Stored data entries
--

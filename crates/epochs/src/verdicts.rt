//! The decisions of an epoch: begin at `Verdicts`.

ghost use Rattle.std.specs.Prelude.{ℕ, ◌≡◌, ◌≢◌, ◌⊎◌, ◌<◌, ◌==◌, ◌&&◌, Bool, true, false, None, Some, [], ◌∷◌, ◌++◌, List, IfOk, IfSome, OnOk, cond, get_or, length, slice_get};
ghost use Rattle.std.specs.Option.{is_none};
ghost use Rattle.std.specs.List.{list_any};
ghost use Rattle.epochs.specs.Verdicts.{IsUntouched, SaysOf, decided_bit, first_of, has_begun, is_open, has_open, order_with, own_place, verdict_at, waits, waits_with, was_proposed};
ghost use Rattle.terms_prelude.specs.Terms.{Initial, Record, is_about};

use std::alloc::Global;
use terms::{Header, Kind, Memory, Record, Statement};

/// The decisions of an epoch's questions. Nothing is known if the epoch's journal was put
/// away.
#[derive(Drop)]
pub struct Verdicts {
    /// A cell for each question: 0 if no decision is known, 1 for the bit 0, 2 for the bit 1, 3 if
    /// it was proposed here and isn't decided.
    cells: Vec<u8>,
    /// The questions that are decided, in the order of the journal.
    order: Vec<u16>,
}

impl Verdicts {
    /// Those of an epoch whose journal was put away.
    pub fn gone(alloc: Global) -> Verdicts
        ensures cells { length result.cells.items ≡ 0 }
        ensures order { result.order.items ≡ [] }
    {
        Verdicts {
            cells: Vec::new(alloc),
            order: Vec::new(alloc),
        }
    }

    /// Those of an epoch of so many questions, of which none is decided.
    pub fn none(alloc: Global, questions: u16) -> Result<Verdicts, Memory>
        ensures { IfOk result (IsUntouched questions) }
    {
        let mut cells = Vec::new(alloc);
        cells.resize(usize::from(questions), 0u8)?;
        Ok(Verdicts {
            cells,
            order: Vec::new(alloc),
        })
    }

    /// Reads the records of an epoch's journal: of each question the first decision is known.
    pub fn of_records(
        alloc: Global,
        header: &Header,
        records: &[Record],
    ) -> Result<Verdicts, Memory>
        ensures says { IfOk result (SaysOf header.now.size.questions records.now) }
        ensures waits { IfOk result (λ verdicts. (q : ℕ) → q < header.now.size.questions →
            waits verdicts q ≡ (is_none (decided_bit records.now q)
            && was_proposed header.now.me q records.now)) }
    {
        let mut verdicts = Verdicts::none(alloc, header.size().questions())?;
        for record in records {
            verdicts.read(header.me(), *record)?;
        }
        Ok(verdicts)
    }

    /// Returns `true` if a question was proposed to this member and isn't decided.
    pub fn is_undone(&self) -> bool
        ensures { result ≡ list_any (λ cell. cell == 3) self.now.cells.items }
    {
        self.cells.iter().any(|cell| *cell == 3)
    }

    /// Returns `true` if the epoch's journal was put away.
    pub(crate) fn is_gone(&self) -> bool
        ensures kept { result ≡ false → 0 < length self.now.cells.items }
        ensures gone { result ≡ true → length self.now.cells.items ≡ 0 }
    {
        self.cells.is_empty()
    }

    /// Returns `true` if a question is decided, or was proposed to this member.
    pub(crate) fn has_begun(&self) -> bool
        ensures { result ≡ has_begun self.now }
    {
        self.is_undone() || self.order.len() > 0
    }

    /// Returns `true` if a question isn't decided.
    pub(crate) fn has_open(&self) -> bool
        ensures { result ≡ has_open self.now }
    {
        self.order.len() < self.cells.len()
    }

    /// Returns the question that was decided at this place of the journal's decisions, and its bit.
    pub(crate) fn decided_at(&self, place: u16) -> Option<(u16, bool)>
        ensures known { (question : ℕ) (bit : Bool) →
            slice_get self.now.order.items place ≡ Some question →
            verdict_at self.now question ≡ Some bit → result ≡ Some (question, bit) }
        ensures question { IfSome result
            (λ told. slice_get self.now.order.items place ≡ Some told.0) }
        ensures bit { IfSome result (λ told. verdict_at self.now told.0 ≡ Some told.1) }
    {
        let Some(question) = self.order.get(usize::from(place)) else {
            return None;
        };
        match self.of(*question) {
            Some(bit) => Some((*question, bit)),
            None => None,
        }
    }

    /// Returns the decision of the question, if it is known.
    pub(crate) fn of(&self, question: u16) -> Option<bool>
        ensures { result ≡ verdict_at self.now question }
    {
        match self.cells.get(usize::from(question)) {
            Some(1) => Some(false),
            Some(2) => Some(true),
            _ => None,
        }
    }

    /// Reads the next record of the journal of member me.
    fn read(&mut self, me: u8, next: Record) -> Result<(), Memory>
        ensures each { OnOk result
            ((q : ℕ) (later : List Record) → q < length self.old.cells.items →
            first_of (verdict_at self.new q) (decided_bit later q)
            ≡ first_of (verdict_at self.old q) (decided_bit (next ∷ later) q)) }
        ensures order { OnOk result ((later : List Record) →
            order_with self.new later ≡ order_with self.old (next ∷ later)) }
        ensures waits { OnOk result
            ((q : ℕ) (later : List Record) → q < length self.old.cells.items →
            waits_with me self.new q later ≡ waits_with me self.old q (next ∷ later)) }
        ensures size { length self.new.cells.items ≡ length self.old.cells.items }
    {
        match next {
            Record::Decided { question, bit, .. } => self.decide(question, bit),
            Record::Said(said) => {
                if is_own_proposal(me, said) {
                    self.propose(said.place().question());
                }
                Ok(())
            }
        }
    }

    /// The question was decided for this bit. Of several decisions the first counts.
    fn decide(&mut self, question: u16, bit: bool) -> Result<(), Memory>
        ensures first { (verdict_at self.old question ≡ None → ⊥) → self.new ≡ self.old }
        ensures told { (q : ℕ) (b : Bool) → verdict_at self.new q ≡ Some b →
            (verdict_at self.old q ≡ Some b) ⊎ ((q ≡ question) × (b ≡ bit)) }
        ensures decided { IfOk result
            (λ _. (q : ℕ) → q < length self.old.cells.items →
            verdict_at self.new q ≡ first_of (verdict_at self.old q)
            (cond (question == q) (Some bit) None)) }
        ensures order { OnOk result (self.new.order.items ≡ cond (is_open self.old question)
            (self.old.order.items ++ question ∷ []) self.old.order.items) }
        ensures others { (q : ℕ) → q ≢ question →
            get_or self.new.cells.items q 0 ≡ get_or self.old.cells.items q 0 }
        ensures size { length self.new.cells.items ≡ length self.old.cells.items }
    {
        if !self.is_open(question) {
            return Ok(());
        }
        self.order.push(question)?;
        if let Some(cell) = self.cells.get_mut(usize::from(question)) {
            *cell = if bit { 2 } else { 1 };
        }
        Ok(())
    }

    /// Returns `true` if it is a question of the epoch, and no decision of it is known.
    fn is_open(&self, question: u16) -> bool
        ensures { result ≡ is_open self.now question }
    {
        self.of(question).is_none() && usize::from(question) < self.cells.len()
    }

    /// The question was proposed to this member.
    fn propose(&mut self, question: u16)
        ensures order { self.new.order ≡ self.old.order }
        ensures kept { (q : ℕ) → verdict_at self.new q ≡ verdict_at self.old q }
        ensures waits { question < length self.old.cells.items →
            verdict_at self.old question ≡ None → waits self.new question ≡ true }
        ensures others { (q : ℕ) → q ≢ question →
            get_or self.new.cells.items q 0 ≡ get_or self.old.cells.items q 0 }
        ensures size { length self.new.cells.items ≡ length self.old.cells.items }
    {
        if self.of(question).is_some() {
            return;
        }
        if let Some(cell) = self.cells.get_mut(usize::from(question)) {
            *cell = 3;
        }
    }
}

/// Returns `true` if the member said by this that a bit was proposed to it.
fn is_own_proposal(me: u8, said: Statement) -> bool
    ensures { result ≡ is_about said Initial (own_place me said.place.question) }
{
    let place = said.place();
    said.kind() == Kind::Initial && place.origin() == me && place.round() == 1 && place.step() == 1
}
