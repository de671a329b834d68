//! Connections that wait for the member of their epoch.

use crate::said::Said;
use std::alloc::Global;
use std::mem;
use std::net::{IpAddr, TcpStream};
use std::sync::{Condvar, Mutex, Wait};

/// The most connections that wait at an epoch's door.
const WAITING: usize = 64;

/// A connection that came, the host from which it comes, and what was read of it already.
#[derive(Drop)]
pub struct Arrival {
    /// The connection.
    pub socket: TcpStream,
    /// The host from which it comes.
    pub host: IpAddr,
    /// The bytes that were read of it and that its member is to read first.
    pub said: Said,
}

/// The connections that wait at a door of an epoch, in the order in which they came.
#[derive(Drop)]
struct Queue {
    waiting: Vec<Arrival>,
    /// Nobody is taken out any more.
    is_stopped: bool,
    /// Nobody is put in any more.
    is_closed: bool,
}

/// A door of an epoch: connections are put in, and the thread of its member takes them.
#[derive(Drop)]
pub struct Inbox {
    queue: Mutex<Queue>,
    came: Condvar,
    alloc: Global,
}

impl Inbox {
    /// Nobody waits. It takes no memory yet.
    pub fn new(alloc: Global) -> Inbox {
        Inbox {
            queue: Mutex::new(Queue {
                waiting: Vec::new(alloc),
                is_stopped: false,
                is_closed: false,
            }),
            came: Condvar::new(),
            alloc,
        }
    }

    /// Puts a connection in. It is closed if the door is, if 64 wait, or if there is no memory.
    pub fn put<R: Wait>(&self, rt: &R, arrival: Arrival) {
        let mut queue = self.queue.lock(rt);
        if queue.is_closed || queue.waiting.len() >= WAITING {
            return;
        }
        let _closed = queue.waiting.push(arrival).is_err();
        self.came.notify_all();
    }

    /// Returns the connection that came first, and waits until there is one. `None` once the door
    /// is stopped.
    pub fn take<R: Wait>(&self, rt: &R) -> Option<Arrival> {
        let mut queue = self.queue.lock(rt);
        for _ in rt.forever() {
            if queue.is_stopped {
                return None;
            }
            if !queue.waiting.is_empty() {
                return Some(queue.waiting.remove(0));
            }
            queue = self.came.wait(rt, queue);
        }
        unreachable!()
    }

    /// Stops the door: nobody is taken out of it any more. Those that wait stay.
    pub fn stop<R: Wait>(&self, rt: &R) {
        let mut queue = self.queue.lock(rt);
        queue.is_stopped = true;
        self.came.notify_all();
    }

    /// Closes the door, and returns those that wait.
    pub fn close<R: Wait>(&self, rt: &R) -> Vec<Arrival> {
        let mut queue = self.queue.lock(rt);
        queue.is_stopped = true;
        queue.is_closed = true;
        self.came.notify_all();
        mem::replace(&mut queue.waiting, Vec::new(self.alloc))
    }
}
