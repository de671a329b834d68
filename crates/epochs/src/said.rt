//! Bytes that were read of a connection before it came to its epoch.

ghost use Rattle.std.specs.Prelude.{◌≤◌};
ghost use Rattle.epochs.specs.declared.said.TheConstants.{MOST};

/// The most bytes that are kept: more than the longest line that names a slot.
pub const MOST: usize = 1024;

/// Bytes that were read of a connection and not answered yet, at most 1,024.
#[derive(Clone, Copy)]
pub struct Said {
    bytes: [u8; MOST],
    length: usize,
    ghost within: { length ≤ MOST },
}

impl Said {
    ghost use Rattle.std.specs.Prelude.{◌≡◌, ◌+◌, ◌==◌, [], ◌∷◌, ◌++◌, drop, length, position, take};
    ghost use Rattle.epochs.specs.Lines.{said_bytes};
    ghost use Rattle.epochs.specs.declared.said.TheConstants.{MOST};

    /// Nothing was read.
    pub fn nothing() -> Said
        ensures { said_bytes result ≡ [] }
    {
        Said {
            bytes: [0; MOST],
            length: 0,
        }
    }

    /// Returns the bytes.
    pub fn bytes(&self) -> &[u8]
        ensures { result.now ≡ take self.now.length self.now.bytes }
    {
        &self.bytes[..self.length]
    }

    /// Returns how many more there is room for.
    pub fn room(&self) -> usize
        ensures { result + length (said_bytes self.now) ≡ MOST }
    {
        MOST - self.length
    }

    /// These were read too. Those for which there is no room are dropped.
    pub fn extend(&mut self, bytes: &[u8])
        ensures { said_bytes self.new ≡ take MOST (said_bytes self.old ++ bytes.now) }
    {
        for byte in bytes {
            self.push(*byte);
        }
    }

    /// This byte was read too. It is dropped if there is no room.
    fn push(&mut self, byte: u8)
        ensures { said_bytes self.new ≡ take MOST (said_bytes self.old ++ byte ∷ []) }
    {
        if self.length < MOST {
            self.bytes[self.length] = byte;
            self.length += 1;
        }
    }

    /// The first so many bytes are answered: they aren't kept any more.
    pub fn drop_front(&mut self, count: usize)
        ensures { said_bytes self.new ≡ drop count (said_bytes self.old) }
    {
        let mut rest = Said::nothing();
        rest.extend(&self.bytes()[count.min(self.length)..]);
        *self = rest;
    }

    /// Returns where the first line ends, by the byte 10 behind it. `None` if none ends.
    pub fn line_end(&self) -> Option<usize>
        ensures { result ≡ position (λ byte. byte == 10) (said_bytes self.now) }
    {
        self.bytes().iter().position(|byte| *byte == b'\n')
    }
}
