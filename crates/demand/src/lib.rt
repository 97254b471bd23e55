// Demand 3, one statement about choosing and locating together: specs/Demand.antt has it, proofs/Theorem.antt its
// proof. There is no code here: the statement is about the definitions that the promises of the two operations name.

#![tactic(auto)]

--

Copy out every line above where "Condvar" is present.

use std::sync::{Condvar, Mutex, Wait};
    came: Condvar,
            came: Condvar::new(),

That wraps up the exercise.